How to Utilize Linear Regressions in Predictive Analytics

By Anasse Bari, Mohamed Chaouchi, Tommy Jung

Linear regression is a statistical method that analyzes and finds relationships between two variables. In predictive analytics it can be used to predict a future numerical value of a variable.

Consider an example of data that contains two variables: past data consisting of the arrival times of a train and its corresponding delay time. Suppose you want to predict what the delay would be for the next train. If you apply linear regression to these two variables — the arrival and delay times — you can generate a linear equation such as

Delay = a + (b * Arrival time) + d

This equation expresses the relationship between delay time and arrival time. The constants a and b are the model’s parameters. The variable d is the error term (also known as the remainder) — a numerical value that represents the mismatch between the two variables delay and arrival time. If the error is not equal to zero, then that might indicate that there are criteria affecting the variable delay.
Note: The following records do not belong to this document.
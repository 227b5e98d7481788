//! Tiles by their names.

ghost use Rattle.database_names.specs.Places.{HoldsPlaces, place_in};
ghost use Rattle.std.specs.Prelude.{◌≡◌, ◌++◌, ◌∷◌, ◌<◌, [], ℕ, List, IfOk, IfSome, OnOk, length, map, position};
ghost use Rattle.std.specs.Str.{bytes_eq};

use rr_ids::{Id, Name, TileId};
use std::alloc::{AllocError, Global};
use std::collections::BTreeMap;
use std::marker::Model;
use tile_grid::Grid;

// The number of the first tile of each name.
type Numbers<'a> = BTreeMap<&'a [u8], u32>;

/// A grid that is lent, and the names of its tiles in order. Contracts see the record of the grid.
#[derive(Drop)]
pub struct TileNames<'a> {
    grid: &'a Grid,
    numbers: Numbers<'a>,
}

impl<'a> Model for TileNames<'a> {
    ghost use Rattle.std.specs.Prelude.{map};
    ghost use Rattle.records.specs.Grid.{Grid as Record};
    ghost use Rattle.database_names.specs.Places.{HoldsPlaces};

    ghost Value = { Record };

    ghost view = { λ n. n.grid.now };

    ghost invariant = { λ n. HoldsPlaces (map (λ t. t.name) n.grid.now.tiles) n.numbers };
}

// Adds a tile, where none of its name is there yet.
fn add<'a>(numbers: &mut Numbers<'a>, name: &'a [u8], number: u32) -> Result<(), AllocError>
    ensures { OnOk result ((names : List (List ℕ)) → length names ≡ number → HoldsPlaces names numbers.old → HoldsPlaces (names ++ name.now ∷ []) numbers.new) }
{
    if !numbers.contains_key(name) {
        numbers.insert(name, number)?;
    }
    Ok(())
}

// The number of the first tile of each name of a grid.
fn numbers_of<'a>(alloc: Global, grid: &'a Grid) -> Result<Numbers<'a>, AllocError>
    ensures { IfOk result (HoldsPlaces (map (λ t. t.name) grid.now.tiles)) }
{
    let mut numbers = Numbers::new(alloc);
    let tiles = grid.tiles.as_slice();
    for number in 0..grid.tiles.len() {
        let tile = &tiles[number as usize];
        add(&mut numbers, tile.name.bytes(), number)?;
    }
    Ok(numbers)
}

// The number of the first tile of a name.
fn number_of(numbers: &Numbers<'_>, name: &Name) -> Option<u32>
    ensures { (names : List (List ℕ)) → HoldsPlaces names numbers.now → result ≡ place_in names name.now }
{
    numbers.get(name.bytes()).copied()
}

impl<'a> TileNames<'a> {
    /// The names of the tiles of a grid.
    pub fn new(alloc: Global, grid: &'a Grid) -> Result<TileNames<'a>, AllocError>
        ensures { IfOk result (λ names. names ≡ grid.now) }
    {
        let numbers = numbers_of(alloc, grid)?;
        Ok(TileNames { grid, numbers })
    }

    /// The tile of a name; `None` exactly where the grid has none. Takes no memory.
    pub fn tile_named(&self, name: &Name) -> Option<TileId>
        ensures named { result ≡ position (λ t. bytes_eq t.name name.now) self.now.tiles }
        ensures there { IfSome result (λ t. t < length self.now.tiles) }
    {
        match number_of(&self.numbers, name) {
            Some(number) => Some(TileId::from_u32(number)),
            None => None,
        }
    }
}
If you’re sitting at the train station, you can simply plug the arrival time into the preceding equation and you can compute the expected delay, using the linear regression model’s given parameters a, b, and d.

Linear regression is (as you might imagine) most suitable for linear data. But it’s very sensitive toward outliers in the data points. The outliers in your data can have a significant impact on the model. It is recommended that you remove those outliers from the training set if you’re planning to use linear regression for your predictive model.